How do we know research software is correct?

Posted by s.hettrick on 27 September 2013 - 2:26pm

By Ian Cottam, IT Services Research Lead at The University of Manchester.

We all know about testing code; but decades ago Dijkstra pointed out that "Testing can only show the presence of bugs and not their absence". So, what can we do to gain confidence that Research Software is correct?

As an ex-formalist, I could say "write a formal (mathematical) specification of what your software is supposed to do; transform it into executable and efficient code in a number of steps; prove the preservation of correctness of each transformation as you go." I am also reminded of a quote from Knuth "Be aware this code has not been tested, only proven correct."

Of course, expensive formal verification is never going to happen for anything but life-critical code. A good compromise might be Statistical Testing - which can be described as:

"The black box sampling of a system with sufficient and representative
pseudo-randomly generated data to assure correctness to some desired level
of confidence."

This approach requires an oracle: something you can compare results against. It could be an older, trusted version of the code, or a version written in a very (very) high-level language, where correctness is all and efficiency is nothing.

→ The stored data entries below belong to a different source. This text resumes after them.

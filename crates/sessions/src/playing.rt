// Plays a section, and writes what came of each line.

use crate::call::{EvaluatorCall, GarblerCall, Task};
use crate::evaluating::Evaluating;
use crate::flat::{Flat, SameFunction};
use crate::garbling::Garbling;
use crate::lent::Lent;
use crate::numbered::Numbered;
use crate::sections::{Entry, Labels, Section};
use crate::writing::add_outcome;
use hashes::function::LabelFunction;
use hashes::paper::PaperFunction;
use labels::paper::Paper;
use std::alloc::{AllocError, Global};

fn garbler_call<L: Numbered, F: LabelFunction<L>>(
    heap: Global,
    text: &mut String,
    garbling: &mut Garbling<L>,
    call: &GarblerCall,
) -> Result<(), AllocError> {
    garbling.prepare(heap, call)?;
    let before = garbling.lent.copy()?;
    let answer = garbling.make::<F>(call);
    let name = match call {
        GarblerCall::Open { .. } => "seed",
        _ => "colours",
    };
    add_outcome(text, answer, name, &before, &garbling.lent)
}

fn evaluator_call<L: Numbered, F: LabelFunction<L>>(
    heap: Global,
    text: &mut String,
    evaluating: &mut Evaluating<L>,
    call: &EvaluatorCall,
) -> Result<(), AllocError> {
    evaluating.prepare(heap, call)?;
    let before = evaluating.lent.copy()?;
    let answer = evaluating.make::<F>(call);
    add_outcome(text, answer, "outputs", &before, &evaluating.lent)
}

// The other side comes with memory of its own.
fn other_garbler<L: Numbered>(
    heap: Global,
    text: &mut String,
    garbling: &mut Garbling<L>,
    wires: usize,
) -> Result<(), AllocError> {
    let before: Lent<L> = Lent::new(heap)?;
    let mut other: Lent<L> = Lent::new(heap)?;
    let wires = other.front(wires);
    let answer = garbling.side.wipe_other(&mut other.wires[..wires]);
    add_outcome(text, answer, "bytes", &before, &other)
}

fn other_evaluator<L: Numbered>(
    heap: Global,
    text: &mut String,
    evaluating: &mut Evaluating<L>,
    wires: usize,
) -> Result<(), AllocError> {
    let before: Lent<L> = Lent::new(heap)?;
    let mut other: Lent<L> = Lent::new(heap)?;
    let wires = other.front(wires);
    let answer = evaluating.side.wipe_other(&mut other.wires[..wires]);
    add_outcome(text, answer, "bytes", &before, &other)
}

fn play_entry<L: Numbered, F: LabelFunction<L>>(
    heap: Global,
    text: &mut String,
    garbling: &mut Garbling<L>,
    evaluating: &mut Evaluating<L>,
    entry: &Entry,
) -> Result<(), AllocError> {
    text.push_str(entry.line)?;
    match &entry.task {
        Task::Nothing => {}
        Task::Counts(garbler, evaluator) => {
            garbling.lent.count = *garbler;
            evaluating.lent.count = *evaluator;
        }
        Task::Send => evaluating.lent.material = garbling.lent.material.clone()?,
        Task::Material(material) => evaluating.lent.material = material.clone()?,
        Task::Garbler(call) => garbler_call::<L, F>(heap, text, garbling, call)?,
        Task::Evaluator(call) => evaluator_call::<L, F>(heap, text, evaluating, call)?,
        Task::OtherGarbler { wires } => other_garbler(heap, text, garbling, *wires)?,
        Task::OtherEvaluator { wires } => other_evaluator(heap, text, evaluating, *wires)?,
    }
    text.push_str("\n")
}

fn play_entries<L: Numbered, F: LabelFunction<L>>(
    heap: Global,
    text: &mut String,
    garbling: &mut Garbling<L>,
    evaluating: &mut Evaluating<L>,
    entries: &[Entry],
) -> Result<(), AllocError> {
    for entry in entries {
        play_entry::<L, F>(heap, text, garbling, evaluating, entry)?;
    }
    Ok(())
}

// On two new sides, which are wiped at the end.
fn play_session<L: Numbered, F: LabelFunction<L>>(
    heap: Global,
    text: &mut String,
    entries: &[Entry],
) -> Result<(), AllocError> {
    let garblers: Lent<L> = Lent::new(heap)?;
    let evaluators: Lent<L> = Lent::new(heap)?;
    // Both are wiped on memory of their own, with as many wires as a call is lent at most.
    let mut zeros: Vec<L> = vec![in heap; L::zero(); 8]?;
    let mut labels: Vec<L> = vec![in heap; L::zero(); 8]?;
    let mut garbling: Garbling<L> = Garbling::new(garblers);
    let mut evaluating: Evaluating<L> = Evaluating::new(evaluators);
    let played = play_entries::<L, F>(heap, text, &mut garbling, &mut evaluating, entries);
    garbling.end(zeros.as_mut_slice());
    evaluating.end(labels.as_mut_slice());
    played
}

// What stands before the first session is only printed.
fn add_lines(text: &mut String, entries: &[Entry]) -> Result<(), AllocError> {
    for entry in entries {
        writeln!(text, "{}", entry.line)?;
    }
    Ok(())
}

pub fn play(heap: Global, text: &mut String, section: &Section) -> Result<(), AllocError> {
    let entries = section.entries.as_slice();
    match section.labels {
        Labels::None => add_lines(text, entries),
        Labels::Paper => play_session::<Paper, PaperFunction>(heap, text, entries),
        Labels::Flat => play_session::<Flat, SameFunction>(heap, text, entries),
    }
}
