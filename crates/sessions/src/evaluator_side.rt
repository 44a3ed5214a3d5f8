// An evaluator, and the token that ends it once it has joined.
ghost use Rattle.std.specs.Prelude.{◌≡◌, ◌≤◌, false, length};
ghost use Rattle.std.specs.Option.{ForSome};

use crate::answer::Answer;
use circuit::refusal::Refusal;
use evaluator::record::{Evaluator, EvaluatorToken};
use hashes::hash::LabelHash;
use labels::kind::Label;

pub struct EvaluatorSide {
    pub evaluator: Evaluator,
    token: Option<EvaluatorToken>,
    ghost open: { ForSome token (λ _. evaluator.progress.side.ended ≡ false) },
    ghost room: { ForSome token (λ _. evaluator.progress.side.wires ≤ 8) },
}

impl EvaluatorSide {
    pub fn new() -> EvaluatorSide {
        EvaluatorSide {
            evaluator: Evaluator::new(),
            token: None,
        }
    }

    // Where there is a token the side has joined, so that no second one comes.
    pub fn join<L: Label>(&mut self, circuit: &[u8], wires: &mut [L]) -> Result<(), Refusal>
        requires { length wires.old ≤ 8 }
    {
        let token = self.evaluator.join(circuit, wires)?;
        match self.token.replace(token) {
            None => Ok(()),
            Some(_second) => unreachable!(),
        }
    }

    // By `?`, here and below: whether it is accepted or refused, the side is then known.
    pub fn deliver<L: Label>(
        &mut self,
        circuit: &[u8],
        wires: &mut [L],
        input: usize,
        label: L,
    ) -> Result<(), Refusal> {
        self.evaluator.deliver(circuit, wires, input, label)?;
        Ok(())
    }

    pub fn evaluate<L: Label, H: LabelHash<L>>(
        &mut self,
        h: &mut H,
        circuit: &[u8],
        wires: &mut [L],
        material: &[u8],
        scratch: &mut [L],
    ) -> Result<(), Refusal> {
        self.evaluator
            .evaluate(h, circuit, wires, material, scratch)?;
        Ok(())
    }

    // Offers the token to the side, which hands it back where it refuses.
    pub fn wipe<L: Label>(&mut self, wires: &mut [L]) -> Result<Answer<L>, Refusal> {
        let Some(token) = self.token.take() else {
            return Ok(Answer::NoToken);
        };
        match self.evaluator.wipe(token, wires) {
            Ok(()) => Ok(Answer::Wiped),
            Err((why, token)) => match self.token.replace(token) {
                None => Err(why),
                Some(_second) => unreachable!(),
            },
        }
    }

    // Offers the token to another side, which has ended.
    pub fn wipe_other<L: Label>(&mut self, wires: &mut [L]) -> Result<Answer<L>, Refusal> {
        let Some(token) = self.token.take() else {
            return Ok(Answer::NoToken);
        };
        match Evaluator::new().wipe(token, wires) {
            Ok(()) => Ok(Answer::Wiped),
            Err((why, token)) => match self.token.replace(token) {
                None => Err(why),
                Some(_second) => unreachable!(),
            },
        }
    }

    // Ends the side where it has joined.
    pub fn end<L: Label>(self, wires: &mut [L])
        requires { 8 ≤ length wires.old }
    {
        let EvaluatorSide {
            mut evaluator,
            token,
        } = self;
        if let Some(token) = token {
            evaluator.wipe(token, wires).unwrap();
        }
    }
}
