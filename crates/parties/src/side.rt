// What a side keeps of its circuit and of its way through it.
ghost use Rattle.std.specs.Prelude.{◌≡◌, ◌+◌, ◌^◌, ◌<◌};
ghost use Rattle.parties.specs.Side.{unused, started, marked, stepped};

use circuit::sizes::Sizes;

#[derive(Clone, Copy)]
pub struct Side {
    // It has not begun, or is wiped. A flag, and no Option of the rest: whether it has ended is among what a side keeps.
    pub ended: bool,
    pub sizes: Sizes,
    // All wires of the circuit.
    pub wires: u16,
    // The next gate, and the wires before it.
    pub next: u16,
    pub made: usize,
    // The material's bytes so far.
    pub bytes: usize,
    // The inputs that are encoded or delivered: fixed memory, since a side allocates nothing.
    pub marks: [bool; 256],
}

impl Side {
    // One that has not begun.
    pub fn new() -> Side
        ensures { result ≡ unused }
    {
        let sizes = Sizes {
            inputs: 0,
            gates: 0,
            outputs: 0,
            operands: 0,
            rows: 0,
        };
        Side {
            ended: true,
            sizes,
            wires: 0,
            next: 0,
            made: 0,
            bytes: 0,
            marks: [false; 256],
        }
    }

    // One at the start of a circuit.
    pub fn start(sizes: Sizes, wires: u16) -> Side
        ensures { result ≡ started sizes wires }
    {
        Side {
            ended: false,
            sizes,
            wires,
            made: usize::from(sizes.inputs),
            ..Side::new()
        }
    }

    // Marks an input.
    pub fn mark(&mut self, input: usize)
        requires { input < 256 }
        ensures { self.new ≡ marked self.old input }
    {
        self.marks[input] = true;
    }

    // One gate further, with its new wires and its bytes.
    pub fn advance(&mut self, new: usize, bytes: usize)
        requires next { self.old.next < 512 }
        requires made { self.old.made + new < 2 ^ 32 }
        requires bytes { self.old.bytes + bytes < 2 ^ 32 }
        ensures { self.new ≡ stepped self.old new bytes }
    {
        self.next += 1;
        self.made += new;
        self.bytes += bytes;
    }
}
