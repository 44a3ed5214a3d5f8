// What both parties keep of a circuit, and what each of their calls decides first.
#![tactic(auto)]

pub mod progress;
pub mod side;
pub mod state;
pub mod turn;
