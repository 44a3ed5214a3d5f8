// A garbler, and the token that ends it while it is open.
ghost use Rattle.std.specs.Prelude.{◌≡◌, ◌≤◌, false, length};
ghost use Rattle.std.specs.Option.{ForSome};

use crate::answer::Answer;
use circuit::refusal::Refusal;
use garbler::record::{Garbler, GarblerToken};
use hashes::hash::LabelHash;
use labels::kind::Label;

pub struct GarblerSide<L> {
    pub garbler: Garbler<L>,
    token: Option<GarblerToken>,
    ghost open: { ForSome token (λ _. garbler.progress.side.ended ≡ false) },
    ghost room: { ForSome token (λ _. garbler.progress.side.wires ≤ 8) },
}

impl<L: Label> GarblerSide<L> {
    pub fn new() -> GarblerSide<L> {
        GarblerSide {
            garbler: Garbler::new(),
            token: None,
        }
    }

    // Where there is a token the side is open, so that no second one comes.
    pub fn open<H: LabelHash<L>>(
        &mut self,
        h: &mut H,
        circuit: &[u8],
        seed: &mut [u8],
        wires: &mut [L],
    ) -> Result<(), Refusal>
        requires { length wires.old ≤ 8 }
    {
        let token = self.garbler.open(h, circuit, seed, wires)?;
        match self.token.replace(token) {
            None => Ok(()),
            Some(_second) => unreachable!(),
        }
    }

    // By `?`, here and below: whether it is accepted or refused, the side is then known.
    pub fn garble<H: LabelHash<L>>(
        &mut self,
        h: &mut H,
        circuit: &[u8],
        wires: &mut [L],
        material: &mut [u8],
        scratch: &mut [L],
    ) -> Result<usize, Refusal> {
        let bits = self.garbler.garble(h, circuit, wires, material, scratch)?;
        Ok(bits)
    }

    pub fn encode(
        &mut self,
        circuit: &[u8],
        wires: &[L],
        input: usize,
        bit: u8,
    ) -> Result<L, Refusal> {
        let label = self.garbler.encode(circuit, wires, input, bit)?;
        Ok(label)
    }

    // Offers the token to the side, which hands it back where it refuses.
    pub fn wipe(&mut self, wires: &mut [L]) -> Result<Answer<L>, Refusal> {
        let Some(token) = self.token.take() else {
            return Ok(Answer::NoToken);
        };
        match self.garbler.wipe(token, wires) {
            Ok(()) => Ok(Answer::Wiped),
            Err((why, token)) => match self.token.replace(token) {
                None => Err(why),
                Some(_second) => unreachable!(),
            },
        }
    }

    // Offers the token to another side, which has ended.
    pub fn wipe_other(&mut self, wires: &mut [L]) -> Result<Answer<L>, Refusal> {
        let Some(token) = self.token.take() else {
            return Ok(Answer::NoToken);
        };
        match Garbler::new().wipe(token, wires) {
            Ok(()) => Ok(Answer::Wiped),
            Err((why, token)) => match self.token.replace(token) {
                None => Err(why),
                Some(_second) => unreachable!(),
            },
        }
    }

    // Ends the side where it is open.
    pub fn end(self, wires: &mut [L])
        requires { 8 ≤ length wires.old }
    {
        let GarblerSide { mut garbler, token } = self;
        if let Some(token) = token {
            garbler.wipe(token, wires).unwrap();
        }
    }
}
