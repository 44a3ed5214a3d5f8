// What an accepted call answers.

use parties::state::State;

#[derive(Clone, Copy)]
pub enum Answer<L> {
    Opened,
    Garbled(usize),
    Encoded(L),
    Coloured,
    Certified(bool),
    Joined,
    Delivered,
    Evaluated,
    Decoded,
    Missing(Option<u16>),
    State(State),
    Wiped,
    // There is no token to wipe by.
    NoToken,
}
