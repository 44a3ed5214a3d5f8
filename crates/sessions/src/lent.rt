// What a side is lent, and the count of its hash.
ghost use Rattle.std.specs.Prelude.{◌≤◌, length};

use crate::numbered::Numbered;
use labels::kind::Label;
use std::alloc::{AllocError, Global};

#[derive(Drop)]
pub struct Lent<L> {
    // A seed, the colours or the output bits.
    pub bytes: Vec<u8>,
    pub wires: Vec<L>,
    pub material: Vec<u8>,
    pub scratch: Vec<L>,
    pub count: u64,
}

impl<L: Numbered> Lent<L> {
    // More than the circuits of the sessions ask for, and nowhere zero.
    pub fn new(heap: Global) -> Result<Lent<L>, AllocError> {
        Ok(Lent {
            bytes: Vec::new(heap),
            wires: vec![in heap; L::used(); 8]?,
            material: vec![in heap; 0x77; 16]?,
            scratch: vec![in heap; L::used(); 260]?,
            count: 0,
        })
    }

    // So many wires, or all where there are fewer.
    pub fn front(&self, wires: usize) -> usize
        ensures there { result ≤ length self.now.wires.items }
        ensures few { result ≤ 8 }
    {
        wires.min(8).min(self.wires.len())
    }

    pub fn copy(&self) -> Result<Lent<L>, AllocError> {
        Ok(Lent {
            bytes: self.bytes.clone()?,
            wires: self.wires.clone()?,
            material: self.material.clone()?,
            scratch: self.scratch.clone()?,
            count: self.count,
        })
    }
}

pub fn same_labels<L: Label>(these: &[L], those: &[L]) -> bool {
    these.iter().zip(those.iter()).all(|(x, y)| x.same(*y))
}

// How many labels are zero before the first that is not.
pub fn zeros<L: Label>(labels: &[L]) -> usize {
    let zeros = labels.iter().take_while(|label| label.same(L::zero()));
    zeros.count()
}
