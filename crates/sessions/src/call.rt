// The calls of a session.

// What nearly every call is lent: a circuit, and the first so many wires.
#[derive(Clone, Copy)]
pub struct On<'a> {
    pub circuit: &'a [u8],
    pub wires: usize,
}

// Bytes of the input, of which the first so many are lent.
#[derive(Drop)]
pub struct Front {
    pub bytes: Vec<u8>,
    pub count: usize,
}

#[derive(Drop)]
pub enum GarblerCall<'a> {
    Open {
        on: On<'a>,
        seed: Front,
    },
    Garble {
        on: On<'a>,
        scratch: usize,
        material: usize,
    },
    Encode {
        on: On<'a>,
        input: usize,
        bit: u8,
    },
    Colours {
        on: On<'a>,
        length: usize,
    },
    Certify {
        on: On<'a>,
        output: usize,
        label: u16,
    },
    Wipe {
        wires: usize,
    },
}

#[derive(Drop)]
pub enum EvaluatorCall<'a> {
    Join {
        on: On<'a>,
    },
    Deliver {
        on: On<'a>,
        input: usize,
        label: u16,
    },
    Evaluate {
        on: On<'a>,
        scratch: usize,
        material: usize,
    },
    Decode {
        on: On<'a>,
        colours: Front,
        length: usize,
    },
    Missing,
    State,
    Wipe {
        wires: usize,
    },
}

// What a line of a session asks for.
#[derive(Drop)]
pub enum Task<'a> {
    // It is only printed.
    Nothing,
    // The hashes have these counts, the garbler's first.
    Counts(u64, u64),
    // The evaluator is lent the garbler's material.
    Send,
    // The evaluator is lent this material.
    Material(Vec<u8>),
    Garbler(GarblerCall<'a>),
    Evaluator(EvaluatorCall<'a>),
    // A party's token is offered to another side, which has ended, with so many wires.
    OtherGarbler { wires: usize },
    OtherEvaluator { wires: usize },
}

Rather than going into detail, I refer you to a paper that I contributed to some years ago when I worked for Adelard, and helped to develop a piece of software called Dust-Expert. (It could advise you on how to prevent
industrial accidents due to dust explosions.) Section 7 of the paper discusses statistical (aka probabilistic) testing in general and how we applied it to the problem of convincing ourselves and others that Dust-Expert did the right thing.

I'd appreciate your feedback on this approach.